State hypotheses and define parameters, state significance level, check assumptions, calculate sample statistic, calculate standardized test statistic, find p-value, make formal decision, and write conclusion.
Population (N)
The entire group of individuals or instances about whom we hope to learn.
Sample (n)
A subset of a population, examined in hope of learning about the population.
Sample mean (x̄)
The arithmetic average of the values in a sample.
Population mean (μ)
The arithmetic average of all values in a population.
Sample variance (s²)
A measure of how spread out the data in a sample is from the sample mean.
Population variance (σ²)
A measure of how spread out the data in a population is from the population mean.
Sample standard deviation (s)
The square root of the sample variance, representing the average distance of sample data points from the mean.
Population standard deviation (σ)
The square root of the population variance, representing the average distance of population data points from the mean.
What is the regression equation ŷ = a + bx?
A linear model where ŷ is the predicted response, a is the y-intercept, b is the slope, and x is the observed explanatory variable.
Additive Rule of Probability
P(A ∪ B) = P(A) + P(B) - P(A ∩ B), used to find the probability of the union of two events.
Complement Rule
P(Ac) = 1 - P(A), used to find the probability of an event not occurring.
Null Hypothesis (H0)
The statement of no effect or no difference, which is assumed to be true until evidence suggests otherwise.

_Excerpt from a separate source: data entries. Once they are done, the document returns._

//! The cache of results: places that are looked at by the question alone, and a list behind them.
ghost use Rattle.std.specs.Prelude.{◌≡◌, ◌⊎◌, ◌≤◌, [], length, IfSome, OnOk, OnErr};
ghost use Rattle.std.specs.List.{Contains};
ghost use Rattle.dd_store.specs.declared.row.NodeNo.{NodeNo as NodeNumber};
ghost use Rattle.dd_apply.specs.declared.question.Question.{Question as Asked};

mod places;

use crate::question::Question;
use crate::results::places::{Kept, MOST_PLACES, Places};
use dd_store::NodeNo;
use lru::LruCache;
use std::alloc::Global;
use std::marker::Model;
use std::num::NonZeroUsize;

/// How many results are kept at most.
pub const MOST_RESULTS: u32 = 262_144;

/// How many of them the list has at most.
const MOST_LISTED: u32 = MOST_RESULTS - MOST_PLACES;

/// The latest results, each with its question. Contracts see them as a list of pairs. Which pairs are lost, by an older
/// one's place being taken or for want of memory, is hidden.
#[derive(Drop)]
pub(crate) struct Results {
    /// The places: one look tells whether a question's answer is there.
    places: Places,
    /// What was recalled from a place before another result took it, by its last use. It is made with its first result.
    list: Option<LruCache<Question, NodeNo>>,
}

impl Model for Results {
    ghost use Rattle.std.specs.Prelude.{List, ◌++◌};
    ghost use Rattle.dd_store.specs.declared.row.NodeNo.{NodeNo};
    ghost use Rattle.dd_apply.specs.declared.question.Question.{Question};
    ghost use Rattle.dd_apply.specs.Kept.{entries_of};

    ghost Value = { List (Question × NodeNo) };

    ghost view = { λ r. r.places ++ entries_of r.list };
}

impl Results {
    /// None.
    pub(crate) fn new(alloc: Global) -> Results
        ensures { result ≡ [] }
    {
        Results {
            places: Places::new(alloc),
            list: None,
        }
    }

    /// The answer to a question, where it is kept. The list is asked only where the question's place tells of it.
    #[inline(never)]
    pub(crate) fn recall(&self, question: Question) -> Option<NodeNo>
        ensures { IfSome result (λ r. Contains self.now (question, r)) }
    {
        let (answer, hides) = self.places.recall(question);
        if answer.is_none() && hides {
            self.recall_listed(question)
        } else {
            answer
        }
    }

    /// The answer to a question, where the list has it.
    #[cold]
    #[inline(never)]
    fn recall_listed(&self, question: Question) -> Option<NodeNo>
        ensures { IfSome result (λ r. Contains self.now (question, r)) }
    {
        let list = self.list.as_ref()?;
        list.peek(&question).copied()
    }

    /// Notes that an answer was of use.
    pub(crate) fn note(&mut self, question: Question)
        ensures { self.new ≡ self.old }
    {
        self.places.note(question);
    }

    /// Keeps an answer, where there is memory for it.
    #[inline(never)]
    pub(crate) fn keep(&mut self, alloc: Global, question: Question, answer: NodeNo)
        ensures { (p : Asked × NodeNumber) → Contains self.new p → Contains self.old p ⊎ (p ≡ (question, answer)) }
    {
        if let Some(displaced) = self.places.keep(alloc, question, answer) {
            self.list_one(alloc, displaced);
        }
    }

    /// Puts a result into the list, where there is memory for it.
    #[cold]
    #[inline(never)]
    fn list_one(&mut self, alloc: Global, displaced: Kept)
        ensures { (p : Asked × NodeNumber) → Contains self.new p →
            Contains self.old p ⊎ (p ≡ (displaced.question, displaced.answer)) }
    {
        self.make_list(alloc);
        if let Some(list) = self.list.as_mut() {
            let _kept = list.put(displaced.question, displaced.answer);
        }
    }

    /// Makes the list, where there is memory for it.
    fn make_list(&mut self, alloc: Global)
        ensures { self.new ≡ self.old }
    {
        if self.list.is_some() {
            return;
        }
        if let Some(most) = NonZeroUsize::new(MOST_LISTED as usize) {
            self.list = LruCache::new(alloc, most).ok();
        }
    }

    /// Lets all results go.
    #[cold]
    #[inline(never)]
    pub(crate) fn forget(&mut self)
        ensures { self.new ≡ [] }
    {
        self.places.forget();
        if let Some(list) = self.list.as_mut() {
            list.clear();
        }
    }
}
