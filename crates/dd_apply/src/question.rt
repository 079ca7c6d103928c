//! What a kept result answers.
use crate::operation::Operation;
use dd_store::NodeNo;

/// What is asked of nodes.
#[derive(Clone, Copy, Debug, PartialEq, Eq, Hash)]
pub enum Question {
    /// What an operation makes of two nodes.
    Binary(Operation, NodeNo, NodeNo),
    /// The second node's value where the first one's is true, and else the third one's.
    Ite(NodeNo, NodeNo, NodeNo),
    /// Whether the second node is true wherever the first one is.
    Implies(NodeNo, NodeNo),
}
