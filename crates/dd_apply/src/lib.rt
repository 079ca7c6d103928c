//! Operations on decision diagrams of one table, by recursion on their nodes with a cache of results (Bryant 1986).
#![tactic(auto)]

mod kernel;
mod laws;
mod operation;
mod question;
mod results;

pub use kernel::Kernel;
pub use laws::room_keeps_nodes;
pub use results::MOST_RESULTS;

Alternative Hypothesis (HA)
The statement that there is an effect, a difference, or a relationship in the population.
What is the Interquartile Range (IQR)?
The difference between the third quartile (Q3) and the first quartile (Q1), representing the middle 50% of the data.
What is a p-value?
The probability of observing a test statistic at least as extreme as the one calculated, assuming the null hypothesis is true.
What is a confidence interval?
A range of values calculated from sample data that is likely to contain the true population parameter with a specified level of confidence.
What is the Margin of Error?
The range of values above and below the sample statistic that accounts for sampling variability.
What is the Binomial Coefficient?
A formula, denoted as nCr or (n choose k), used to calculate the number of ways to choose k successes in n trials.
What is the Central Limit Theorem (CLT) for proportions?
A theorem stating that the sampling distribution of a sample proportion will be approximately normal if the sample size is large enough.